Problem
Every entry in the listing is to be reproduced exactly.

Input data
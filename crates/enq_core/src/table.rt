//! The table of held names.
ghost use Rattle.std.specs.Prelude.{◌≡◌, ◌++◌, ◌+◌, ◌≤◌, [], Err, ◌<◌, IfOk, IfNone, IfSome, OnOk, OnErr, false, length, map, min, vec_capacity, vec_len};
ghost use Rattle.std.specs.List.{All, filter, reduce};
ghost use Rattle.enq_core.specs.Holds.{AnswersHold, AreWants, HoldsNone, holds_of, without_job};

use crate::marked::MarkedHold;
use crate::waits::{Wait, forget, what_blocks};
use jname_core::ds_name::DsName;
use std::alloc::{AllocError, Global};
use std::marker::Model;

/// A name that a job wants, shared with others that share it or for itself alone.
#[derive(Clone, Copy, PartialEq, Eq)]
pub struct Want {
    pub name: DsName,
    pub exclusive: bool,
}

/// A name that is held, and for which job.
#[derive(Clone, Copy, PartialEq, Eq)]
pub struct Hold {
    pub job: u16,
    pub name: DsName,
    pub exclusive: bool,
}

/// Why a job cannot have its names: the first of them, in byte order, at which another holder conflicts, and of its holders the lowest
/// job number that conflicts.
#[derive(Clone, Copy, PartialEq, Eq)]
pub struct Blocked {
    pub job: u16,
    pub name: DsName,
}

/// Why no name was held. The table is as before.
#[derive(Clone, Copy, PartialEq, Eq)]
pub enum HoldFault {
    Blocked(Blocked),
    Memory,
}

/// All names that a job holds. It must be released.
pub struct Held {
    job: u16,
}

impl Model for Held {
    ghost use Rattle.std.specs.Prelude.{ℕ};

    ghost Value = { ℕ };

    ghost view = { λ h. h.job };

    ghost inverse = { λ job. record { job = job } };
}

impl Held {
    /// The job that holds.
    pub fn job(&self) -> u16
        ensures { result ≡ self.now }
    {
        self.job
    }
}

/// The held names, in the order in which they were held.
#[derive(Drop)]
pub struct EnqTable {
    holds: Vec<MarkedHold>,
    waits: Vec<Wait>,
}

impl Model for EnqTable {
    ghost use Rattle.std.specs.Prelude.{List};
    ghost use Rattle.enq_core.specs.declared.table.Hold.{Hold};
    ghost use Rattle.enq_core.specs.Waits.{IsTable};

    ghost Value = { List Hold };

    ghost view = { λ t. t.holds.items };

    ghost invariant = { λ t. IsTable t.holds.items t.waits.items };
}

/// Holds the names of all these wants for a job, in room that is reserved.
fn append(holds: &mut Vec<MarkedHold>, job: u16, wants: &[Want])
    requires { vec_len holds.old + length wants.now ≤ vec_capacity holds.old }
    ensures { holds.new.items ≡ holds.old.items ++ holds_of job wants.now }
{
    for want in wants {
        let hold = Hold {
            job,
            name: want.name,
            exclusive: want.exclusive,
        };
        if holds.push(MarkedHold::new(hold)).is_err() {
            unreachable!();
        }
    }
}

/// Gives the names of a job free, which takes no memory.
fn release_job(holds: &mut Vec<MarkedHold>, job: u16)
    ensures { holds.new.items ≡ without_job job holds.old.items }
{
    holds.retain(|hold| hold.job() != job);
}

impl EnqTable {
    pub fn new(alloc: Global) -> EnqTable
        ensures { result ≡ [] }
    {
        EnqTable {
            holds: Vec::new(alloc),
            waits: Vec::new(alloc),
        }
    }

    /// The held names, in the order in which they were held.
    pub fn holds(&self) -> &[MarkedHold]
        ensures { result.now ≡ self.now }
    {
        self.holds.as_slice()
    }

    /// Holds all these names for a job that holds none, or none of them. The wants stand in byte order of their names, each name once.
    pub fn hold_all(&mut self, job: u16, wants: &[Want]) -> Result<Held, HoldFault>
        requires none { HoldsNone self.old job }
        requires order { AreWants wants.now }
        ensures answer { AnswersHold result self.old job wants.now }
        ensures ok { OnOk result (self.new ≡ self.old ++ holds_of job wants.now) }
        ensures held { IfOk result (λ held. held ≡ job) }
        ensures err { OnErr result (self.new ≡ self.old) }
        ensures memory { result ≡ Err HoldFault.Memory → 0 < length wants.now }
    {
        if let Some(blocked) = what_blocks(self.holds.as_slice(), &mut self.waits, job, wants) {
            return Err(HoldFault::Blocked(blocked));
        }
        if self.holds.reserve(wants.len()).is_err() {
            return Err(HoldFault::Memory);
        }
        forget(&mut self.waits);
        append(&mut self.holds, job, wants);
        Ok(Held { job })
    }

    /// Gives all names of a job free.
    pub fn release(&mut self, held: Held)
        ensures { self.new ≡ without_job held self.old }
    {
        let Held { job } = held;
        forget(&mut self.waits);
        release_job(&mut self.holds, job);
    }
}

Task output
filename crates/enq_core/src/table.rt
//! The table of held names.
ghost use Rattle.std.specs.Prelude.{◌≡◌, ◌++◌, ◌+◌, ◌≤◌, [], Err, ◌<◌, IfOk, IfNone, IfSome, OnOk, OnErr, false, length, map, min, vec_capacity, vec_len};
ghost use Rattle.std.specs.List.{All, filter, reduce};
ghost use Rattle.enq_core.specs.Holds.{AnswersHold, AreWants, HoldsNone, holds_of, without_job};

use crate::marked::MarkedHold;
use crate::waits::{Wait, forget, what_blocks};
use jname_core::ds_name::DsName;
use std::alloc::{AllocError, Global};
use std::marker::Model;

/// A name that a job wants, shared with others that share it or for itself alone.
#[derive(Clone, Copy, PartialEq, Eq)]
pub struct Want {
    pub name: DsName,
    pub exclusive: bool,
}

/// A name that is held, and for which job.
#[derive(Clone, Copy, PartialEq, Eq)]
pub struct Hold {
    pub job: u16,
    pub name: DsName,
    pub exclusive: bool,
}

/// Why a job cannot have its names: the first of them, in byte order, at which another holder conflicts, and of its holders the lowest
/// job number that conflicts.
#[derive(Clone, Copy, PartialEq, Eq)]
pub struct Blocked {
    pub job: u16,
    pub name: DsName,
}

/// Why no name was held. The table is as before.
#[derive(Clone, Copy, PartialEq, Eq)]
pub enum HoldFault {
    Blocked(Blocked),
    Memory,
}

/// All names that a job holds. It must be released.
pub struct Held {
    job: u16,
}

impl Model for Held {
    ghost use Rattle.std.specs.Prelude.{ℕ};

    ghost Value = { ℕ };

    ghost view = { λ h. h.job };

    ghost inverse = { λ job. record { job = job } };
}

impl Held {
    /// The job that holds.
    pub fn job(&self) -> u16
        ensures { result ≡ self.now }
    {
        self.job
    }
}

/// The held names, in the order in which they were held.
#[derive(Drop)]
pub struct EnqTable {
    holds: Vec<MarkedHold>,
    waits: Vec<Wait>,
}

impl Model for EnqTable {
    ghost use Rattle.std.specs.Prelude.{List};
    ghost use Rattle.enq_core.specs.declared.table.Hold.{Hold};
    ghost use Rattle.enq_core.specs.Waits.{IsTable};

    ghost Value = { List Hold };

    ghost view = { λ t. t.holds.items };

    ghost invariant = { λ t. IsTable t.holds.items t.waits.items };
}

/// Holds the names of all these wants for a job, in room that is reserved.
fn append(holds: &mut Vec<MarkedHold>, job: u16, wants: &[Want])
    requires { vec_len holds.old + length wants.now ≤ vec_capacity holds.old }
    ensures { holds.new.items ≡ holds.old.items ++ holds_of job wants.now }
{
    for want in wants {
        let hold = Hold {
            job,
            name: want.name,
            exclusive: want.exclusive,
        };
        if holds.push(MarkedHold::new(hold)).is_err() {
            unreachable!();
        }
    }
}

/// Gives the names of a job free, which takes no memory.
fn release_job(holds: &mut Vec<MarkedHold>, job: u16)
    ensures { holds.new.items ≡ without_job job holds.old.items }
{
    holds.retain(|hold| hold.job() != job);
}

impl EnqTable {
    pub fn new(alloc: Global) -> EnqTable
        ensures { result ≡ [] }
    {
        EnqTable {
            holds: Vec::new(alloc),
            waits: Vec::new(alloc),
        }
    }

    /// The held names, in the order in which they were held.
    pub fn holds(&self) -> &[MarkedHold]
        ensures { result.now ≡ self.now }
    {
        self.holds.as_slice()
    }

    /// Holds all these names for a job that holds none, or none of them. The wants stand in byte order of their names, each name once.
    pub fn hold_all(&mut self, job: u16, wants: &[Want]) -> Result<Held, HoldFault>
        requires none { HoldsNone self.old job }
        requires order { AreWants wants.now }
        ensures answer { AnswersHold result self.old job wants.now }
        ensures ok { OnOk result (self.new ≡ self.old ++ holds_of job wants.now) }
        ensures held { IfOk result (λ held. held ≡ job) }
        ensures err { OnErr result (self.new ≡ self.old) }
        ensures memory { result ≡ Err HoldFault.Memory → 0 < length wants.now }
    {
        if let Some(blocked) = what_blocks(self.holds.as_slice(), &mut self.waits, job, wants) {
            return Err(HoldFault::Blocked(blocked));
        }
        if self.holds.reserve(wants.len()).is_err() {
            return Err(HoldFault::Memory);
        }
        forget(&mut self.waits);
        append(&mut self.holds, job, wants);
        Ok(Held { job })
    }

    /// Gives all names of a job free.
    pub fn release(&mut self, held: Held)
        ensures { self.new ≡ without_job held self.old }
    {
        let Held { job } = held;
        forget(&mut self.waits);
        release_job(&mut self.holds, job);
    }
}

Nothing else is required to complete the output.